**YOUR OBJECTIVE**
Using the data that follows, return exactly the lines from the one that contains "map[i] = [sector[a], sector[a" through the one that contains "of its entries", ends included.

::: EXERCISE MATERIAL

// The block availability map (document 01's map, 18/0): an entry of four bytes for each track, a count of free sectors and three bitmap bytes, which are
// one number. In order: one entry; the map by value, changed mark by mark; loaded from its sector and stored back; the same in an image.
#![tactic(auto)]

ghost use Rattle.std.specs.Prelude.{◌≡◌, ◌+◌, ◌-◌, ◌≤◌, ◌<◌, length};
ghost use Rattle.d64spec.specs.Lists.{splice};
ghost use Rattle.d64spec.specs.Geometry.{sector_number, map_address};
ghost use Rattle.d64spec.specs.Image.{disk};
ghost use Rattle.d64spec.specs.Reply.{writable};
ghost use Rattle.geometry.specs.Layout.{geometry_of, address_of};
ghost use Rattle.bam.specs.MapEntry.{bitmap_of, own_bits, own_bits_by, free_in, free_on, entry_from, moved_entry};
ghost use Rattle.bam.specs.Bam.{moved_mark};
ghost use Rattle.bam.specs.MapSector.{RunFits, with_run, stored_run, map_entries, stored_entries, allows_writing};
ghost use Rattle.bam.specs.ImageMaps.{MapWritten};

use geometry::{Address, Layout};

// The three bitmap bytes of an entry as one number: bit s for sector s.
#[tactic(auto, unfolding(crate::specs::MapEntry::bitmap_of))]
pub fn bitmap_of(entry: [u8; 4]) -> u32
    ensures { result ≡ bitmap_of entry }
{
    u32::from_le_bytes([entry[1], entry[2], entry[3], 0])
}

// How many bits of an entry are the own sectors' of a track with so many sectors: as many as these, and at most 24.
#[tactic(auto, unfolding(crate::specs::MapEntry::own_bits))]
pub fn own_bits(sectors: u8) -> u8
    ensures { result ≡ own_bits sectors }
{
    sectors.min(24)
}

// How many sectors of a track with so many its entry marks free: the ones of the three bitmap bytes, counted at once, those past the track's last
// sector masked off (02, §4).
pub fn count_free(entry: [u8; 4], sectors: u8) -> u32
    ensures { result ≡ free_in entry sectors }
{
    (bitmap_of(entry) % (1 << own_bits(sectors))).count_ones()
}

// The next two are for callers with a table of their own, which they lend: the library's own loops ask the layout for a track's number of sectors.

// How many bits of a track's entry are its own sectors', by a table of how many sectors each track has, from track 1 on; a track that is not in the
// table has none.
pub fn own_bits_by(track: u8, counts: &[u8; 40]) -> u8
    ensures { result ≡ own_bits_by counts.now track }
{
    own_bits(geometry::count_by(counts, track))
}

// How many sectors of a track its entry marks free, by such a table.
pub fn count_free_by(entry: [u8; 4], track: u8, counts: &[u8; 40]) -> u32
    ensures { result ≡ free_on counts.now entry track }
{
    count_free(entry, geometry::count_by(counts, track))
}

// The entry with this count and this bitmap: the bitmap's lowest three bytes.
#[tactic(auto, unfolding(crate::specs::MapEntry::entry_from))]
fn entry_of(count: u8, bits: u32) -> [u8; 4]
    ensures { result ≡ entry_from count bits }
{
    let [low, middle, high, _] = bits.to_le_bytes();
    [count, low, middle, high]
}

// The entry with a sector marked free and counted in, or else marked used and counted out, where it was the other way before: the bitmap is one
// number, of which bit s is sector s, and no other bit of it changes. A sector from 24 on has no mark and changes nothing.
fn moved_entry(entry: [u8; 4], sector: u8, free: bool) -> [u8; 4]
    ensures { result ≡ moved_entry entry sector free }
{
    if sector >= 24 {
        return entry;
    }
    let bit: u32 = 1 << sector;
    let bits = bitmap_of(entry);
    if free {
        entry_of(entry[0].wrapping_add(1), bits + bit)
    } else {
        entry_of(entry[0].wrapping_sub(1), bits.wrapping_sub(bit))
    }
}

// Marks the sector at a place free and counts it in, or else marks it used and counts it out. Where the map has no such mark, nothing changes.
pub fn move_mark(map: &mut [[u8; 4]; 40], at: Address, free: bool)
    ensures { map.new ≡ moved_mark free (address_of at) map.old }
{
    if at.track < 1 || 40 < at.track {
        return;
    }
    let i = at.track as usize - 1;
    map[i] = moved_entry(map[i], at.sector, free);
}

// Loads the entries of the tracks first + 1 to last, which stand behind one another from `at` on.
fn load_run(map: &mut [[u8; 4]; 40], sector: &[u8], first: usize, last: usize, at: usize)
    requires { RunFits (length sector.now) first last at }
    ensures { map.new ≡ with_run sector.now first (last - first) at map.old }
{
    for i in first..last {
        let a = at + 4 * (i - first);
        map[i] = [sector[a], sector[a + 1], sector[a + 2], sector[a + 3]];
    }
}

// The map of a whole map sector.
fn load_whole(layout: Layout, sector: &[u8]) -> [[u8; 4]; 40]
    requires { length sector.now ≡ 256 }
    ensures { result ≡ map_entries (geometry_of layout) sector.now }
{
    let mut map = [[0u8; 4]; 40];
    load_run(&mut map, sector, 0, 35, 4);
    if let Some(extra) = geometry::extra_entries(layout) {
        load_run(&mut map, sector, 35, 40, extra);
    }
    map
}

// The map of a map sector: an entry for each track of the layout, and zeros for those that it does not have. Bytes past the end of a slice that is
// too short read as 0.
pub fn load_map(layout: Layout, sector: &[u8]) -> [[u8; 4]; 40]
    ensures { result ≡ map_entries (geometry_of layout) sector.now }
{
    if sector.len() == 256 {
        return load_whole(layout, sector);
    }
    // a map sector is whole, so that no test is made for each of its entries
    let mut whole = [0u8; 256];
    parts::overwrite(&mut whole, 0, parts::clipped(sector, 0, 256));
    load_whole(layout, &whole)
}

// Puts an entry's four bytes at `at`.
fn store_entry(entry: [u8; 4], sector: &mut [u8], at: usize)
    requires { at + 4 ≤ length sector.old }
    ensures { sector.new ≡ splice sector.old at entry }
{
    sector[at..at + 4].copy_from_slice(&entry);
}

// Puts the entries of the tracks first + 1 to last behind one another, from `at` on.
fn store_run(map: &[[u8; 4]; 40], sector: &mut [u8], first: usize, last: usize, at: usize)
    requires { RunFits (length sector.old) first last at }
    ensures { sector.new ≡ stored_run map.now first (last - first) at sector.old }
{
    for i in first..last {
        store_entry(map[i], sector, at + 4 * (i - first));
    }
}

// Puts the map into a map sector, each entry of the layout at its place; no other byte changes. A slice that is not 256 bytes long is left as it is.
pub fn store_map(layout: Layout, map: &[[u8; 4]; 40], sector: &mut [u8])
    ensures { sector.new ≡ stored_entries (geometry_of layout) map.now sector.old }
{
    if sector.len() != 256 {
        return;
    }
    store_run(map, sector, 0, 35, 4);
    if let Some(extra) = geometry::extra_entries(layout) {
        store_run(map, sector, 35, 40, extra);
    }
}

// Whether the DOS version in a map sector, its byte 2, allows writing: $41 or $00. A byte past the end of a slice that is too short reads as 0.
#[tactic(auto, unfolding(crate::specs::MapSector::allows_writing))]
fn allows_writing(sector: &[u8]) -> bool
    ensures { result ≡ allows_writing sector.now }
{
    let version = parts::byte_at(sector, 2);
    version == 0x41 || version == 0
}

// The number of 18/0, in every layout.
const MAP_SECTOR: usize = 357;

// The map of an image, by value.
pub fn map_of(layout: Layout, img: &[u8]) -> [[u8; 4]; 40]
    ensures { result ≡ map_entries (geometry_of layout) (disk img.now (sector_number (geometry_of layout) map_address)) }
{
    load_map(layout, sectors::sector(img, MAP_SECTOR))
}

// Whether the DOS version of an image allows writing: $41 or $00.
pub fn may_write(layout: Layout, img: &[u8]) -> bool
    ensures { result ≡ writable (geometry_of layout) (disk img.now) }
{
    allows_writing(sectors::sector(img, MAP_SECTOR))
}

// Puts the map into 18/0; no byte outside the layout's entries changes. An image that does not have 18/0 whole is left as it is.
pub fn write_map(layout: Layout, img: &mut [u8], map: &[[u8; 4]; 40])
    ensures { MapWritten (geometry_of layout) img.old map.now img.new }
{
    if img.len() < 91648 {
        return;
    }
    store_map(layout, map, &mut img[91392..91648]);
}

::::::

**RESPONSE BOX**
        map[i] = [sector[a], sector[a + 1], sector[a + 2], sector[a + 3]];
    }
}

// The map of a whole map sector.
fn load_whole(layout: Layout, sector: &[u8]) -> [[u8; 4]; 40]
    requires { length sector.now ≡ 256 }
    ensures { result ≡ map_entries (geometry_of layout) sector.now }
{
    let mut map = [[0u8; 4]; 40];
    load_run(&mut map, sector, 0, 35, 4);
    if let Some(extra) = geometry::extra_entries(layout) {
        load_run(&mut map, sector, 35, 40, extra);
    }
    map
}

// The map of a map sector: an entry for each track of the layout, and zeros for those that it does not have. Bytes past the end of a slice that is
// too short read as 0.
pub fn load_map(layout: Layout, sector: &[u8]) -> [[u8; 4]; 40]
    ensures { result ≡ map_entries (geometry_of layout) sector.now }
{
    if sector.len() == 256 {
        return load_whole(layout, sector);
    }
    // a map sector is whole, so that no test is made for each of its entries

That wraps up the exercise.